As the dataset is quite small we decided to perform a standard validation and compare it to the leave one out cross validation.

In [None]:
from sklearn.model_selection import LeaveOneOut

#np.random.seed(5)
x, y = shuffle(x, y)

x_train, x_validation, x_test, y_train, y_validation, y_test = validation_split(x, y)
# Doing a normal validation might be not so efficient as the dataset is quite small.
# So we also perform cross-validation (leave one out).
x_train_cv = np.vstack((x_train,x_validation))
y_train_cv = np.hstack((y_train,y_validation))

train_errors = []
validation_errors = []
train_errors_cv = []
validation_errors_cv = []

for i in range(1,50):
    # Standard validation
    kNN = kNN_train(x_train, y_train, nr_neighbours=i)
    train_predicted = kNN_predict(x_train, kNN)
    validation_predicted = kNN_predict(x_validation, kNN)
    train_errors.append(zero_one_loss(y_train, train_predicted))
    validation_errors.append(zero_one_loss(y_validation, validation_predicted))
    
    #Leave one out cross validation
    loo = LeaveOneOut()
    train_errors_loo = []
    validation_errors_loo = []
    for train_index, test_index in loo.split(x_train_cv):
        x_train_loo = x_train_cv[train_index,:]
        y_train_loo = y_train_cv[train_index]
        x_validation_loo = x_train_cv[test_index,:]
        y_validation_loo = y_train_cv[test_index]
        
        kNN_loo = kNN_train(x_train_loo, y_train_loo, nr_neighbours=i)
        train_predicted_loo = kNN_predict(x_train_loo, kNN_loo)
        validation_predicted_loo = kNN_predict(x_validation_loo, kNN_loo)
        train_errors_loo.append(zero_one_loss(y_train_loo, train_predicted_loo))
        validation_errors_loo.append(zero_one_loss(y_validation_loo, validation_predicted_loo))
    train_errors_cv.append(sum(train_errors_loo)/len(train_errors_loo))
    validation_errors_cv.append(sum(validation_errors_loo)/len(validation_errors_loo))

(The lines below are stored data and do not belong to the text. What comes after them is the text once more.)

//! The Internet checksum (RFC 1071).

ghost use Rattle.std.specs.Prelude.{◌≡◌, ◌<◌, ◌+◌, ◌-◌, ◌%◌, ◌++◌, ◌↔◌, List, ℕ, All, fold, length, sum};
ghost use Rattle.wire_buf.specs.Checksum.{checksum_of, ones_add, ones_of, words};

use crate::cursor::Cursor;

// What stands for a sum in one's complement.
fn ones_of(sum: u128) -> u16
    ensures { result ≡ ones_of sum }
{
    if sum == 0 {
        0
    } else {
        ((sum - 1) % 0xFFFF + 1) as u16
    }
}

/// Law: words that are added one by one in one's complement have the sum that all of them have at once.
pub fn carries_may_wait()
    ensures { (words : List ℕ) → All (λ w. w < 65536) words
        → fold ones_add 0 words ≡ ones_of (sum words) }
{}

/// Law: where the other words have a sum above 0, the field between them has their checksum exactly where the checksum
/// of the whole is 0 (RFC 1071, section 1). 0xFFFF is no checksum of such words.
pub fn right_checksums_cancel()
    ensures { (others field : ℕ) → 0 < others → field < 65535
        → (field ≡ 65535 - ones_of others) ↔ (65535 - ones_of (others + field) ≡ 0) }
{}

/// Law: the words of two pieces, of which the first has no odd byte, are the words of the whole.
pub fn pieces_keep_words()
    ensures { (front back : List ℕ) → length front % 2 ≡ 0
        → words (front ++ back) ≡ words front ++ words back }
{}

// The word of a last byte, which is its high byte; 0 where none is left.
fn last_byte(cursor: &mut Cursor) -> u32
    requires { length cursor.old < 2 }
    ensures value { result ≡ sum (words cursor.old) }
    ensures small { result < 65536 }
{
    match cursor.u8() {
        None => 0,
        Some(last) => u32::from(last) << 8,
    }
}

// The sum of the words of the last bytes.
fn last_words(cursor: &mut Cursor) -> u32
    requires { length cursor.old < 4 }
    ensures value { result ≡ sum (words cursor.old) }
    ensures small { result < 131072 }
{
    match cursor.u16() {
        None => last_byte(cursor),
        Some(word) => u32::from(word) + last_byte(cursor),
    }
}

/// The one's complement of the one's complement sum of the 16-bit words. An odd last byte is the high byte of a word
/// whose low byte is 0 (RFC 1071, sections 1 and 4.1). Four words are added at a time, then two, as one number, which is
/// their sum in one's complement (section 2, C).
pub fn internet_checksum(bytes: &[u8]) -> u16
    ensures { result ≡ checksum_of bytes.now }
{
    let mut cursor = Cursor::new(bytes);
    let mut sum = 0u128;
    'fours: while let Some(four) = cursor.u64() {
        sum += u128::from(four);
    }
    'pairs: while let Some(pair) = cursor.u32() {
        sum += u128::from(pair);
    }
    sum += u128::from(last_words(&mut cursor));
    !ones_of(sum)
}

plt.title("Training (b) and validation error (r) using standard validation")
plt.plot(train_errors, "b")
plt.plot(validation_errors, "r")
plt.show()

plt.title("Training (b) and validation error (r) using leave one out")
plt.plot(train_errors_cv, "b")
plt.plot(validation_errors_cv, "r")
plt.show()

Finally, let us see how we can use the $k$-nearest neighbour algorithm as implented in scikit-learn.

In [None]:
from sklearn.neighbors import KNeighborsClassifier

clf = KNeighborsClassifier(n_neighbors=i).fit(x_train, y_train)
score = clf.score(x_validation, y_validation)
    
print(score)

## Exercises

1. Think about how to draw decision boundaries for the wine dataset. Can you see something when looking at the dataset?
2. Compare the performance of the $k$-nearest neighbour algorithm with the other classifiers you have seen, e.g. on the titanic problem.
3. Adapt the idea of the $k$-nearest neighbour algorithm to implement a $k$-nearest neighbour regressor. Apply it to a toy problem as well as to "real" problem like the Boston house price dataset to investigate its performance.
4. Implement weights in our $k$-nearest neighbour algorithm so that closer points contribute more in the prediction than points further away. Compare this new algorithm to the standard $k$-nearest neighbour algorithm without weights.